2x2 table of observed data:


call,0.0,1.0,All
race,Unnamed: 1_level_1,Unnamed: 2_level_1,Unnamed: 3_level_1
b,2278,157,2435
w,2200,235,2435
All,4478,392,4870



2x2 table of expected data (under Ho):


Unnamed: 0,0.0,1.0,All
b,2239,196,2435
w,2239,196,2435
All,4478,392,4870



2x2 table of standardized residuals With 95% confidence, the absolute value should be < 2 if Ho holds in that cell. +/- indicate over/under representation in a cell:


Unnamed: 0,0.0,1.0,All
b,4.108412,-4.108412,0.0
w,-4.108412,4.108412,0.0
All,0.0,0.0,0.0



p-value for chi-squared test of independence (1 df): 0.0020403793672093755


__A3.__ Because I used the chi-squared test of independence, there is no margin of error, nor confidence interval (we're not computing a mean statistic here). Instead, I have computed a table of standardized residuals, which show if a cell is over/under represented in the observed data, as compared to what you would expect if the variables were independent.

---

__Q4.__ Write a story describing the statistical significance in the context or the original problem.  
__A4.__ What's in a name? Researchers responded to resumes using "black-sounding" and "white-sounding" names to see how callback response rates differed. According to data from their 4,870-resume study, the callback rates _do_ indeed differ between black- and white-sounding names. White-sounding names received significantly more callbacks and black-sounding names received significantly less than what you would expect if names and the chance of getting called back were unrelated.

---

__Q5.__ Does your analysis mean that race/name is the most important factor in callback success? Why or why not?
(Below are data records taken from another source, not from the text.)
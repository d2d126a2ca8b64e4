//! The operations on records.
ghost use Rattle.std.specs.Prelude.{◌≡◌, IfOk, IfSome};
ghost use Rattle.con_terms.specs.View.{con_tree, kind_tree};
ghost use Rattle.core_terms.specs.View.{maybe_con};
ghost use Rattle.core_typing.specs.Compared.{field_of, without_pieces as without_those};
ghost use Rattle.judgements.specs.View.{cons_view, forms_tree, judged_tree, maybe_cons, maybe_taken, sc_view};
ghost use Rattle.node_rules.specs.Records as computed;
ghost use Rattle.node_rules.specs.Records.{Glues};
ghost use Rattle.node_rules.specs.View.{op_tree, value_tree};
ghost use Rattle.row_normal.specs.Ordered.{ordered, ordered_pieces};
ghost use Rattle.told_faults.specs.Computed.{record_row};
ghost use Rattle.type_faults.specs.View.{maybe_fault};

use crate::records::{is_kinded, name_flaw};
use con_terms::{Con, Cons, Kind, Place};
use judgements::{
    Forms, Globals, Here, Judged, Taken, both_forms, copied, has_kind, head_of_record, meets,
    no_record, normal_of, other_form, pieces_of, row_of_rest, take_field, without_pieces,
};
use std::alloc::{AllocError, Global};
use type_faults::{Fault, first};
use type_makers::{joined, one_field, record, row_kind};

/// What an operation gives, or what is told where it gives nothing. Contracts see it as `value_tree`.
#[derive(Drop)]
pub struct Value {
    pub ty: Option<Con>,
    pub own: Option<Fault>,
}

/// Nothing, with what is told.
fn no_value(own: Option<Fault>) -> Value
    ensures { value_tree result ≡ computed.no_value (maybe_fault own) }
{
    Value { ty: None, own }
}

/// A type.
fn a_value(t: Con) -> Value
    ensures { value_tree result ≡ computed.a_value (con_tree t) }
{
    Value {
        ty: Some(t),
        own: None,
    }
}

/// What is told where a record lacks the field.
fn no_field(
    alloc: Global,
    g: &Globals,
    s: &Here,
    p: Place,
    name: Con,
    row: Con,
) -> Result<Value, AllocError>
    ensures { IfOk result
        (λ v. value_tree v ≡ computed.lacks_field (sc_view g.now s.now) p (con_tree name) (con_tree row)) }
{
    let one = one_field(alloc, name, Con::UnitCon)?;
    let wanted = record(alloc, one)?;
    let found = record(alloc, row)?;
    Ok(no_value(Some(other_form(alloc, g, s, p, wanted, found)?)))
}

/// An operation on one record.
#[derive(Clone, Copy, PartialEq, Eq)]
pub enum Operation {
    /// `e.c`
    Select,
    /// `e -- c`
    Cut,
    /// `e --- c`
    CutRow,
}

/// The record of what is left.
fn left_of(alloc: Global, rest: Cons) -> Result<Value, AllocError>
    requires { Glues (cons_view rest) }
    ensures { IfOk result (λ v. value_tree v ≡ computed.a_value (computed.left_of (cons_view rest))) }
{
    let row = row_of_rest(alloc, rest)?;
    Ok(a_value(record(alloc, row)?))
}

/// `e.c`, where `e` has a record of this row.
fn selected(
    alloc: Global,
    g: &Globals,
    s: &Here,
    p: Place,
    name: Con,
    row: Con,
    field: Option<Taken>,
) -> Result<Value, AllocError>
    ensures { IfOk result
        (λ v. value_tree v
        ≡ computed.selected (sc_view g.now s.now) p (con_tree name) (con_tree row) (maybe_taken field)) }
{
    match field {
        None => no_field(alloc, g, s, p, name, row),
        Some(Taken { value, rest: _ }) => Ok(a_value(value)),
    }
}

/// `e -- c`, where `e` has a record of this row.
fn cut(
    alloc: Global,
    g: &Globals,
    s: &Here,
    p: Place,
    name: Con,
    row: Con,
    field: Option<Taken>,
) -> Result<Value, AllocError>
    requires { IfSome field (λ t. Glues (cons_view t.rest)) }
    ensures { IfOk result
        (λ v. value_tree v
        ≡ computed.cut (sc_view g.now s.now) p (con_tree name) (con_tree row) (maybe_taken field)) }
{
    match field {
        None => no_field(alloc, g, s, p, name, row),
        Some(Taken { value: _, rest }) => left_of(alloc, rest),
    }
}

/// `e --- c`, where `e` has a record of this row.
fn row_cut(
    alloc: Global,
    g: &Globals,
    s: &Here,
    p: Place,
    out: Con,
    row: Con,
    left: Option<Cons>,
) -> Result<Value, AllocError>
    requires { IfSome left (λ ps. Glues (cons_view ps)) }
    ensures { IfOk result
        (λ v. value_tree v
        ≡ computed.row_cut (sc_view g.now s.now) p (con_tree out) (con_tree row) (maybe_cons left)) }
{
    match left {
        None => {
            let wanted = record(alloc, out)?;
            let found = record(alloc, row)?;
            Ok(no_value(Some(other_form(alloc, g, s, p, wanted, found)?)))
        }
        Some(rest) => left_of(alloc, rest),
    }
}

/// `e.c`, where `e` has a record of this row, whose pieces these are.
fn select_of(
    alloc: Global,
    g: &Globals,
    s: &Here,
    p: Place,
    n: Con,
    row: Con,
    pieces: Cons,
) -> Result<Value, AllocError>
    ensures { IfOk result
        (λ v. value_tree v ≡ computed.selected
        (sc_view g.now s.now)
        p
        (con_tree n)
        (con_tree row)
        (field_of (con_tree n) (cons_view pieces))) }
{
    let field = take_field(alloc, &n, pieces)?;
    selected(alloc, g, s, p, n, row, field)
}

/// `e -- c`, where `e` has a record of this row, whose pieces these are.
#[tactic(auto, using(crate::proofs::LeftInOrder::taken_glues))]
fn cut_of(
    alloc: Global,
    g: &Globals,
    s: &Here,
    p: Place,
    n: Con,
    row: Con,
    pieces: Cons,
) -> Result<Value, AllocError>
    requires row { ordered (con_tree row) ≡ con_tree row }
    requires pieces { cons_view pieces ≡ ordered_pieces (con_tree row) }
    ensures { IfOk result
        (λ v. value_tree v ≡ computed.cut
        (sc_view g.now s.now)
        p
        (con_tree n)
        (con_tree row)
        (field_of (con_tree n) (cons_view pieces))) }
{
    let field = take_field(alloc, &n, pieces)?;
    cut(alloc, g, s, p, n, row, field)
}

/// `e --- c`, where `e` has a record of this row, whose pieces these are.
#[tactic(auto, using(crate::proofs::LeftInOrder::left_glues))]
fn row_cut_of(
    alloc: Global,
    g: &Globals,
    s: &Here,
    p: Place,
    n: Con,
    row: Con,
    pieces: Cons,
) -> Result<Value, AllocError>
    requires form { ordered (con_tree n) ≡ con_tree n }
    requires row { ordered (con_tree row) ≡ con_tree row }
    requires pieces { cons_view pieces ≡ ordered_pieces (con_tree row) }
    ensures { IfOk result
        (λ v. value_tree v ≡ computed.row_cut
        (sc_view g.now s.now)
        p
        (con_tree n)
        (con_tree row)
        (without_those (ordered_pieces (con_tree n)) (cons_view pieces))) }
{
    let out = pieces_of(alloc, &n)?;
    let left = without_pieces(alloc, &out, pieces)?;
    row_cut(alloc, g, s, p, n, row, left)
}

/// An operation with the normal form of its constructor, on a record of a row.
fn on_row(
    alloc: Global,
    g: &Globals,
    s: &Here,
    p: Place,
    does: Operation,
    n: Con,
    row: Con,
) -> Result<Value, AllocError>
    requires form { ordered (con_tree n) ≡ con_tree n }
    requires row { ordered (con_tree row) ≡ con_tree row }
    ensures { IfOk result
        (λ v. value_tree v
        ≡ computed.on_row (op_tree does) (sc_view g.now s.now) p (con_tree n) (con_tree row)) }
{
    let pieces = pieces_of(alloc, &row)?;
    match does {
        Operation::Select => select_of(alloc, g, s, p, n, row, pieces),
        Operation::Cut => cut_of(alloc, g, s, p, n, row, pieces),
        Operation::CutRow => row_cut_of(alloc, g, s, p, n, row, pieces),
    }
}

/// An operation with the normal forms of a type and of its constructor.
#[tactic(auto, using(crate::proofs::LeftInOrder::row_stays))]
fn on_head(
    alloc: Global,
    g: &Globals,
    s: &Here,
    p: Place,
    does: Operation,
    left: Con,
    right: Con,
) -> Result<Value, AllocError>
    requires left { ordered (con_tree left) ≡ con_tree left }
    requires right { ordered (con_tree right) ≡ con_tree right }
    ensures { IfOk result
        (λ v. value_tree v ≡ computed.on_head
        (op_tree does)
        (sc_view g.now s.now)
        p
        (con_tree right)
        (record_row (con_tree left))) }
{
    match head_of_record(left) {
        None => Ok(no_value(None)),
        Some(row) => on_row(alloc, g, s, p, does, right, row),
    }
}

/// An operation on a type, where its constructor has its kind.
fn on_forms(
    alloc: Global,
    g: &Globals,
    s: &Here,
    p: Place,
    does: Operation,
    f: Option<Forms>,
) -> Result<Value, AllocError>
    requires left { IfSome f (λ f. ordered (con_tree f.left) ≡ con_tree f.left) }
    requires right { IfSome f (λ f. ordered (con_tree f.right) ≡ con_tree f.right) }
    ensures { IfOk result
        (λ v. value_tree v ≡ computed.on_forms (op_tree does) (sc_view g.now s.now) p (forms_tree f)) }
{
    match f {
        None => Ok(no_value(Some(Fault::TooLarge(p)))),
        Some(Forms { left, right }) => on_head(alloc, g, s, p, does, left, right),
    }
}

/// An operation on a type with this normal form, from the kind of its constructor.
fn on_form(
    alloc: Global,
    g: &Globals,
    s: &Here,
    p: Place,
    does: Operation,
    c: &Con,
    t: &Con,
    is_kinded: bool,
    n: Option<Con>,
) -> Result<Value, AllocError>
    ensures { IfOk result
        (λ v. value_tree v ≡ computed.on_form
        (op_tree does)
        (sc_view g.now s.now)
        p
        (con_tree c.now)
        (con_tree t.now)
        is_kinded
        (maybe_con n)) }
{
    match n {
        Some(Con::Record(_)) => {
            if is_kinded {
                let f = both_forms(alloc, t, c)?;
                on_forms(alloc, g, s, p, does, f)
            } else {
                Ok(no_value(None))
            }
        }
        _ => Ok(no_value(None)),
    }
}

/// The kind of the operation's constructor.
fn kind_for(alloc: Global, does: Operation) -> Result<Kind, AllocError>
    ensures { IfOk result (λ k. kind_tree k ≡ computed.kind_for (op_tree does)) }
{
    match does {
        Operation::Select => Ok(Kind::Names),
        Operation::Cut => Ok(Kind::Names),
        Operation::CutRow => row_kind(alloc, Kind::Types),
    }
}

/// `e.c`, `e -- c` and `e --- c`, from what is found for `e`, which stands at `q`.
pub fn of_operation(
    alloc: Global,
    g: &Globals,
    s: &Here,
    p: Place,
    q: Place,
    does: Operation,
    c: &Con,
    j: Judged,
) -> Result<Judged, AllocError>
    ensures { IfOk result
        (λ r. judged_tree r ≡ computed.of_operation
        (op_tree does)
        (sc_view g.now s.now)
        p
        q
        (con_tree c.now)
        (judged_tree j)) }
{
    let Judged { ty, told } = j;
    let k = has_kind(alloc, s, c, &kind_for(alloc, does)?)?;
    let has_its_kind = is_kinded(&k);
    let flaw = name_flaw(alloc, g, s, p, k)?;
    match ty {
        None => Ok(Judged {
            ty: None,
            told: first(told, first(None, first(flaw, None))),
        }),
        Some(t) => {
            let n = normal_of(alloc, &t)?;
            let form = maybe_copied(alloc, &n)?;
            let Value { ty, own } = on_form(alloc, g, s, p, does, c, &t, has_its_kind, form)?;
            let no = no_record(alloc, g, s, q, n)?;
            Ok(Judged {
                ty,
                told: first(told, first(no, first(flaw, own))),
            })
        }
    }
}

/// A copy of a type, where there is one.
fn maybe_copied(alloc: Global, t: &Option<Con>) -> Result<Option<Con>, AllocError>
    ensures { IfOk result (λ o. maybe_con o ≡ maybe_con t.now) }
{
    match t {
        None => Ok(None),
        Some(t) => Ok(Some(copied(alloc, t)?)),
    }
}

/// The row of a type's normal form, where that is a record.
fn row_of_form(n: Option<Con>) -> Option<Con>
    ensures { maybe_con result ≡ computed.row_of_form (maybe_con n) }
{
    match n {
        None => None,
        Some(n) => head_of_record(n),
    }
}

/// The row of both, unless a fault is told.
fn unless_meet(alloc: Global, r: Con, t: Con, own: Option<Fault>) -> Result<Value, AllocError>
    ensures { IfOk result
        (λ v. value_tree v ≡ computed.unless_meet (con_tree r) (con_tree t) (maybe_fault own)) }
{
    match own {
        None => Ok(a_value(record(alloc, joined(alloc, r, t)?)?)),
        Some(f) => Ok(no_value(Some(f))),
    }
}

/// The record of two rows, where both are there and are apart.
fn of_rows(
    alloc: Global,
    g: &Globals,
    s: &Here,
    p: Place,
    r: Option<Con>,
    t: Option<Con>,
) -> Result<Value, AllocError>
    ensures { IfOk result
        (λ v. value_tree v ≡ computed.of_rows (sc_view g.now s.now) p (maybe_con r) (maybe_con t)) }
{
    match r {
        None => Ok(no_value(None)),
        Some(r) => match t {
            None => Ok(no_value(None)),
            Some(t) => {
                let own = meets(alloc, g, s, p, &r, &t)?;
                unless_meet(alloc, r, t, own)
            }
        },
    }
}

/// What a part of `++` has: its row, where it is a record, or what is told of it.
#[derive(Drop)]
struct Side {
    row: Option<Con>,
    own: Option<Fault>,
}

/// A part of `++`, which stands at `q`, from its type.
fn side_of(
    alloc: Global,
    g: &Globals,
    s: &Here,
    q: Place,
    ty: Option<Con>,
) -> Result<Side, AllocError>
    ensures row { IfOk result (λ r. maybe_con r.row ≡ computed.row_of_type (maybe_con ty)) }
    ensures own { IfOk result
        (λ r. maybe_fault r.own ≡ computed.record_told (sc_view g.now s.now) q (maybe_con ty)) }
{
    match ty {
        None => Ok(Side {
            row: None,
            own: None,
        }),
        Some(t) => {
            let n = normal_of(alloc, &t)?;
            let row = row_of_form(maybe_copied(alloc, &n)?);
            Ok(Side {
                row,
                own: no_record(alloc, g, s, q, n)?,
            })
        }
    }
}

/// `e ++ d`, from what is found for both, which stand at `q` and at `r`.
pub fn of_concat(
    alloc: Global,
    g: &Globals,
    s: &Here,
    p: Place,
    q: Place,
    r: Place,
    j: Judged,
    k: Judged,
) -> Result<Judged, AllocError>
    ensures { IfOk result
        (λ d. judged_tree d
        ≡ computed.of_concat (sc_view g.now s.now) p q r (judged_tree j) (judged_tree k)) }
{
    let Judged { ty: left_ty, told } = j;
    let Judged {
        ty: right_ty,
        told: right_told,
    } = k;
    let Side {
        row: left,
        own: left_own,
    } = side_of(alloc, g, s, q, left_ty)?;
    let Side {
        row: right,
        own: right_own,
    } = side_of(alloc, g, s, r, right_ty)?;
    let Value { ty, own } = of_rows(alloc, g, s, p, left, right)?;
    Ok(Judged {
        ty,
        told: first(
            first(told, right_told),
            first(left_own, first(right_own, own)),
        ),
    })
}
If not, how would you amend your analysis?  
__A5.__ No, the test for independence does not indicate that race/name is the most important factor in callback success because we only looked at two columns and saw that they are dependent on each other. To identify the "most important factor" in this dataset related to callback success, we would need to run a logistic regression and do backward variable selection to find the column that most significantly affects callback success. Even then, we would only have this dataset to work with, so we would need to make generalizations carefully with that information.